*** Opening Information given ***
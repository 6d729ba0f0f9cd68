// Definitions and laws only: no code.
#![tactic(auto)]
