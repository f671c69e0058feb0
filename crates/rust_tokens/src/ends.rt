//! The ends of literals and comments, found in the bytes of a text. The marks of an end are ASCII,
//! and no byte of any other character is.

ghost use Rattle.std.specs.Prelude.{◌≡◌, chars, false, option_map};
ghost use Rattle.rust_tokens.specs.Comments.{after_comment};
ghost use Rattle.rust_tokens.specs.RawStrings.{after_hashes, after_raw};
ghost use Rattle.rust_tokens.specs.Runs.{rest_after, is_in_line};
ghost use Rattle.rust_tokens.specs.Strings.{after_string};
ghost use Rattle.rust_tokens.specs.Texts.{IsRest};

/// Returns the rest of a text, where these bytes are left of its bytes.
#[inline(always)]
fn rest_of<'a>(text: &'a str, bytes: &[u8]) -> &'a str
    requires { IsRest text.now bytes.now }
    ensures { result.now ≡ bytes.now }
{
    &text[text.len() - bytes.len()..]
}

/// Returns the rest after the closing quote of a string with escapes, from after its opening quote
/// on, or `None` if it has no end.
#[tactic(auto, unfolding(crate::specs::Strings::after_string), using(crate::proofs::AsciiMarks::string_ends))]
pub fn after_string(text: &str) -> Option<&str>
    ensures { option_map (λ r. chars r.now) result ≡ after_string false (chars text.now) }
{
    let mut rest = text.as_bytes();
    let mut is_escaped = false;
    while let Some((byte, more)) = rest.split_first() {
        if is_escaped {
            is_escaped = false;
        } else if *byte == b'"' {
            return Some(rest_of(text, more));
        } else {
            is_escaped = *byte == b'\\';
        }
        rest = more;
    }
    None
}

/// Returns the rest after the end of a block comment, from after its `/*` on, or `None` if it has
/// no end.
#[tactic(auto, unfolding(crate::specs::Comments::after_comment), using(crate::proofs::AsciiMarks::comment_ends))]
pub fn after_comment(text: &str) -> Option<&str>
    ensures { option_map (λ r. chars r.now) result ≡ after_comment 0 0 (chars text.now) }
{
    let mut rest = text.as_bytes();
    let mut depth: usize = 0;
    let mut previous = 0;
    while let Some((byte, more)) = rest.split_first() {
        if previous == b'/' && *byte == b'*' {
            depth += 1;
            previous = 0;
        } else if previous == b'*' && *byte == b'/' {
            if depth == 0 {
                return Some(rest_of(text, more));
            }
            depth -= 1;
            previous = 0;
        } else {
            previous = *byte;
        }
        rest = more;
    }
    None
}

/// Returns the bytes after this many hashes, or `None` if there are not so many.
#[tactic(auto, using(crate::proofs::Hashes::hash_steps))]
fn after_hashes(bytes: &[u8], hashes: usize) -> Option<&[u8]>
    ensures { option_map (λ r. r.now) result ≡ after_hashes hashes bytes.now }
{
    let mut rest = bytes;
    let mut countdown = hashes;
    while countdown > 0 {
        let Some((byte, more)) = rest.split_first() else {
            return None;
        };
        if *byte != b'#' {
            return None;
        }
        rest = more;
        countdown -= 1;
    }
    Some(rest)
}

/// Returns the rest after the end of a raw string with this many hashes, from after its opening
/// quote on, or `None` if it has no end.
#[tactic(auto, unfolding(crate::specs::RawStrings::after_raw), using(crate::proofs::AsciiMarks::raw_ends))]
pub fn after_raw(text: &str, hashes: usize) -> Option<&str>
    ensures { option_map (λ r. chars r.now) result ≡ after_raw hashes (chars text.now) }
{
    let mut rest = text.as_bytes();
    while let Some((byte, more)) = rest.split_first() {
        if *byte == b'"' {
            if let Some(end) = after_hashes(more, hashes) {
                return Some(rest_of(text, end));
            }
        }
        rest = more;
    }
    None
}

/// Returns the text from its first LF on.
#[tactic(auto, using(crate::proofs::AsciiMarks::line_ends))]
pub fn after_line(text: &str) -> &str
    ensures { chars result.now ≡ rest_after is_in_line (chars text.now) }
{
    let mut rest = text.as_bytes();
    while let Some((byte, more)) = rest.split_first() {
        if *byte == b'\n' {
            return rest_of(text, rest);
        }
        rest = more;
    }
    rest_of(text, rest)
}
*** Closing Information given ***
*** Opening Information given ***
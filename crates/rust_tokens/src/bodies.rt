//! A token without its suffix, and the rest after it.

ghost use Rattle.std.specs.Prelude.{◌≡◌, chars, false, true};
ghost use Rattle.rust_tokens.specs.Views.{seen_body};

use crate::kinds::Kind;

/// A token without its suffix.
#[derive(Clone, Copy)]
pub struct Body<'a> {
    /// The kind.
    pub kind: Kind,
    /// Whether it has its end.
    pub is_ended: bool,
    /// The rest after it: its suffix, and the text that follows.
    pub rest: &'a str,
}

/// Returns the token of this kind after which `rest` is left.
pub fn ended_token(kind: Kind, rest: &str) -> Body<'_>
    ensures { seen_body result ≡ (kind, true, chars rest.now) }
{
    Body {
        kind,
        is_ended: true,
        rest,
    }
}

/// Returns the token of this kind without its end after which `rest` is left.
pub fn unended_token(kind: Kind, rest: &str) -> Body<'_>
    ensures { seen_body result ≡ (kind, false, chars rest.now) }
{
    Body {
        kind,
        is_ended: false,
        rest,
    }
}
*** Closing Information given ***
*** Opening Information given ***
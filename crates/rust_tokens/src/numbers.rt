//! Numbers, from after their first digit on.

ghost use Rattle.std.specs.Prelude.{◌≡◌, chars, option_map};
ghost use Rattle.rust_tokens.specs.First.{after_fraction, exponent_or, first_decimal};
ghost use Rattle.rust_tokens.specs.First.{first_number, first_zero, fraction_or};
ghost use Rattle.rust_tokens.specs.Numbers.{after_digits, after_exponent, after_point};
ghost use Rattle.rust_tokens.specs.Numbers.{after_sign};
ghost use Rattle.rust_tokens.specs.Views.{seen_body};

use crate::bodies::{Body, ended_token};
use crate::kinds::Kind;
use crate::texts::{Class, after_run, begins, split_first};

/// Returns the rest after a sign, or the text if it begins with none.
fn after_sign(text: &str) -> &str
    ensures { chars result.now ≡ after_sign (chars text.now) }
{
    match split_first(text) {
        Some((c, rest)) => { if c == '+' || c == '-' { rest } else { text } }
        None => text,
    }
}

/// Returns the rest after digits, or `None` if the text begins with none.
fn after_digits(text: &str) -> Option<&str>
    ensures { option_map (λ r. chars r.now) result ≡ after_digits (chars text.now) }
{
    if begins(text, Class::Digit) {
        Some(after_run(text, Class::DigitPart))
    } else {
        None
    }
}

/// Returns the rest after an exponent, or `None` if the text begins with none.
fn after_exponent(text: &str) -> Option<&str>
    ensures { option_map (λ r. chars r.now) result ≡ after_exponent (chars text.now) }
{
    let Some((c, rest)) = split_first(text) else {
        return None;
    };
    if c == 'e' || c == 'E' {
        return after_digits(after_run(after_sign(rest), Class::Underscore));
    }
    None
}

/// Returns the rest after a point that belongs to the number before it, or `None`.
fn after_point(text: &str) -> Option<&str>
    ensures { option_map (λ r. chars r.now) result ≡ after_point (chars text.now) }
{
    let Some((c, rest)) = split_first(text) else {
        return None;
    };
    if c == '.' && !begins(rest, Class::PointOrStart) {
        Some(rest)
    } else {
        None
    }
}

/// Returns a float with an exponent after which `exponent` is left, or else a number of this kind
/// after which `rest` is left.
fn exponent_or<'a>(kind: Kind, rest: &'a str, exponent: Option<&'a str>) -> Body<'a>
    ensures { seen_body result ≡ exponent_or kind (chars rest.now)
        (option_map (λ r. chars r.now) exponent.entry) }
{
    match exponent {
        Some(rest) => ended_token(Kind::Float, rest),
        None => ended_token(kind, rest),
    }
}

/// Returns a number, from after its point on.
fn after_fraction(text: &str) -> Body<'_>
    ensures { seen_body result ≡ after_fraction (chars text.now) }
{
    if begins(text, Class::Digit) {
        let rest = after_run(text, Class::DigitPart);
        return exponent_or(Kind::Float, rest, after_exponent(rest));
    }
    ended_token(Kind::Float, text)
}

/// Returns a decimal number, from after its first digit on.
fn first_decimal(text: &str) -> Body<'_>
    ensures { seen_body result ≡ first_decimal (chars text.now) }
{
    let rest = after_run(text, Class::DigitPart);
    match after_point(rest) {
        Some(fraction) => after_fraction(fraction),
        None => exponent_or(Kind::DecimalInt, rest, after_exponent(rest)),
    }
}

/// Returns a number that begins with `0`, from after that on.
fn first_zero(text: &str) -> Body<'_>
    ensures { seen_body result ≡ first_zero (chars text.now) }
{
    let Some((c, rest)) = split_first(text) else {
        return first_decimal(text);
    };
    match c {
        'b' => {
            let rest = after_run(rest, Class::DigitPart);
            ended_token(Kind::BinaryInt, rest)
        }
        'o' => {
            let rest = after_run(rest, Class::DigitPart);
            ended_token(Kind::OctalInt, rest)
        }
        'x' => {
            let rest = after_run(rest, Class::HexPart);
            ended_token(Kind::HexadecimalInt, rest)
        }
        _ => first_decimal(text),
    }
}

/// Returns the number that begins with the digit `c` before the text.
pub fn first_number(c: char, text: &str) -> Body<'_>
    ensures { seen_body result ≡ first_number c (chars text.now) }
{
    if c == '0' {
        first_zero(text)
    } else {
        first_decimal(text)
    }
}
*** Closing Information given ***
**Activity:** Going through the listing above, please work out how many lines contain the word "before", and give the number alone.

**Task result:** 2